• **To do**
Of all the lines in the entries, how many carry the word "SomeIff"? The reply is that number and no more.
[Records for the exercise — start]
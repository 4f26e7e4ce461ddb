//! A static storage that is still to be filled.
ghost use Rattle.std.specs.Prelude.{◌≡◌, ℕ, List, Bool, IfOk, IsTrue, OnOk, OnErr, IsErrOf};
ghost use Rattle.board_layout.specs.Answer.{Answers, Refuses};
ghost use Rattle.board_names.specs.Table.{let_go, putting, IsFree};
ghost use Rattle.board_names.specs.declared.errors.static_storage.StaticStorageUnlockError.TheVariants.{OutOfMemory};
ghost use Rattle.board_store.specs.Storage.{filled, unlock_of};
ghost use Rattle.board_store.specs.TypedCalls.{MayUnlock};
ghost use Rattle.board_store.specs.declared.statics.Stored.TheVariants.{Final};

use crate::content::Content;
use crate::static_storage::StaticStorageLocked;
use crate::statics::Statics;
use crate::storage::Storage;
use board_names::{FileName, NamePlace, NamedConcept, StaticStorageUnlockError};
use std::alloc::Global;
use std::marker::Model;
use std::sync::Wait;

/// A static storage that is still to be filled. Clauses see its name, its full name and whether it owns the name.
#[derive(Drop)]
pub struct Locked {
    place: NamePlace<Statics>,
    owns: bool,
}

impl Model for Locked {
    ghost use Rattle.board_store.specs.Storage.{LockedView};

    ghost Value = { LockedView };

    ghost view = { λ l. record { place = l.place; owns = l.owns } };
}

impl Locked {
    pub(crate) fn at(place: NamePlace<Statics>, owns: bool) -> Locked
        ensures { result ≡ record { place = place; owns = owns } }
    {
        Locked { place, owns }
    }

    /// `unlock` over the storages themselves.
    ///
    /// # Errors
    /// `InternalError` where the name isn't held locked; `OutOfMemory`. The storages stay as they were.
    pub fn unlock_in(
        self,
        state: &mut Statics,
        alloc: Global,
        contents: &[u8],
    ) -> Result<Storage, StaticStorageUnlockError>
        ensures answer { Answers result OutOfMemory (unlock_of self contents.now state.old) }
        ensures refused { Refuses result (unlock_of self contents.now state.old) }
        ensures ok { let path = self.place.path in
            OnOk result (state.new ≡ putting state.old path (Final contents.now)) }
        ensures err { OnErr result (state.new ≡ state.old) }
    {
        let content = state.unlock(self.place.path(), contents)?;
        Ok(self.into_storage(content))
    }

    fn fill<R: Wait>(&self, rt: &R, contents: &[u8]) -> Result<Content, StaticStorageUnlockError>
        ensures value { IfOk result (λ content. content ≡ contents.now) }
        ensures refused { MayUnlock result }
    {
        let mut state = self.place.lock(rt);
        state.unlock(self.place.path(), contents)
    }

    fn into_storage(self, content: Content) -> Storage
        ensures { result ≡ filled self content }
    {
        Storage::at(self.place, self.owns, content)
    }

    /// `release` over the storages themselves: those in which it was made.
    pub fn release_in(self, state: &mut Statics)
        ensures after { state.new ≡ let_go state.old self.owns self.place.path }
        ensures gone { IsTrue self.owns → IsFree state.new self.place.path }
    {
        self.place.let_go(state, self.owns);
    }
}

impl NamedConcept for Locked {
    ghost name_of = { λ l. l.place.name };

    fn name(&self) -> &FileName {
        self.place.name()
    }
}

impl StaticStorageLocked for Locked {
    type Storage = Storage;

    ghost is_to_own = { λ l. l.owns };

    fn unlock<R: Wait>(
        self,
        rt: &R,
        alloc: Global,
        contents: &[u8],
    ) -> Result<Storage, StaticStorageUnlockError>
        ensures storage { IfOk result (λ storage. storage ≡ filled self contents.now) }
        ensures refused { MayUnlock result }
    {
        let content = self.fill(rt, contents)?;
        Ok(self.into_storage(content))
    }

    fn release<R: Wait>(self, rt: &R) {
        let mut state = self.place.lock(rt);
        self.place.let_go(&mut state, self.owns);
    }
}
[Records for the exercise — finish]
[Records for the exercise — start]
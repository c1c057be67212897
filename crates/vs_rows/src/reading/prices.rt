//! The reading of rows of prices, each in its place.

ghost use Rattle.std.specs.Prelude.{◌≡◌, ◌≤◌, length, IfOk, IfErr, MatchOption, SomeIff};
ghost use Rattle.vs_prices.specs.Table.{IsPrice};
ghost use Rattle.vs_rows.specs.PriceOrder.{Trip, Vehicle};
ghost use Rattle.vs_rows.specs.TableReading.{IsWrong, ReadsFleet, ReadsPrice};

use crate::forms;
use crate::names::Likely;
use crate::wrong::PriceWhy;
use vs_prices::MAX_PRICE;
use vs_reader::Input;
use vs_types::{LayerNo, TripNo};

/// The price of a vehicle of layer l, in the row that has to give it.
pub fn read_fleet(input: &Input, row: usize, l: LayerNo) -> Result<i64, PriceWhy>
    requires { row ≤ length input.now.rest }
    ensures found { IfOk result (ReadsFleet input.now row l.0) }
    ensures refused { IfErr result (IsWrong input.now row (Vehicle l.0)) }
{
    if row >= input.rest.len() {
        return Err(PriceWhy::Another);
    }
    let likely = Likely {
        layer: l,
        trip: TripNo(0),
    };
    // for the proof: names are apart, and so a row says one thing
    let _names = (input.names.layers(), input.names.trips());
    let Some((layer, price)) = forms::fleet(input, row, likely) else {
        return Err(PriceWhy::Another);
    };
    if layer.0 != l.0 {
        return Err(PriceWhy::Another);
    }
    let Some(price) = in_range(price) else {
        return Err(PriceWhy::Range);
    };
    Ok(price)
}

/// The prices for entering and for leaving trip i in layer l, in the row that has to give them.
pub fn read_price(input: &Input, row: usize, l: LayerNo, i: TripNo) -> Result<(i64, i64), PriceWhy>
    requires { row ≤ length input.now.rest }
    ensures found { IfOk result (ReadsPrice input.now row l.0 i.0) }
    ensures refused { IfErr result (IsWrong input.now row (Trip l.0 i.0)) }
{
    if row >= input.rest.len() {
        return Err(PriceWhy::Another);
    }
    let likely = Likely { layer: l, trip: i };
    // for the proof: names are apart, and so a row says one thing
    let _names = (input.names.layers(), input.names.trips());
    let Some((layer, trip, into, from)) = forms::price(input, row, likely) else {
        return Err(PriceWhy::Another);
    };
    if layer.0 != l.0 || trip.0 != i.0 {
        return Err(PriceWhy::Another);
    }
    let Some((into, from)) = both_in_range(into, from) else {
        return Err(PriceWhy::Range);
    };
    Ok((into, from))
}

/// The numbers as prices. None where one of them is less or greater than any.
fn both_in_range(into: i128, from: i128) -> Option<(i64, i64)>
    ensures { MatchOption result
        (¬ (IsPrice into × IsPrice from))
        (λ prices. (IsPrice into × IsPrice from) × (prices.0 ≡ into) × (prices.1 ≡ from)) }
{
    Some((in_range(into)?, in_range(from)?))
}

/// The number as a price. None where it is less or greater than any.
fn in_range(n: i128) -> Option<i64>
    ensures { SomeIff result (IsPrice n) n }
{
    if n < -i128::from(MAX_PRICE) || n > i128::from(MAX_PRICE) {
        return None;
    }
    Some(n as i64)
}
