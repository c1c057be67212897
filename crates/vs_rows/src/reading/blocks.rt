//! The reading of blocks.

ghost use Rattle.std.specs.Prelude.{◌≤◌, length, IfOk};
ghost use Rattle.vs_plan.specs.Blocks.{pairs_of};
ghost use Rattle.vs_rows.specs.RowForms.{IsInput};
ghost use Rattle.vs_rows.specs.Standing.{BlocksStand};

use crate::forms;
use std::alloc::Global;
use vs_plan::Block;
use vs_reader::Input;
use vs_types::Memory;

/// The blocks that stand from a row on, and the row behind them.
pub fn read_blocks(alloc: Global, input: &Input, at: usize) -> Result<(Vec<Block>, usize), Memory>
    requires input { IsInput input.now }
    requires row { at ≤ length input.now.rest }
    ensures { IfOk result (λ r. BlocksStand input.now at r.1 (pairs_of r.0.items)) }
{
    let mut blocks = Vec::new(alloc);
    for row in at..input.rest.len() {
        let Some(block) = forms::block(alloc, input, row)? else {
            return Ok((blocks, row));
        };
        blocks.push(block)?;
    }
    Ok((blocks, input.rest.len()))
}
[Records for the exercise — finish]
• **Answer to this task**
2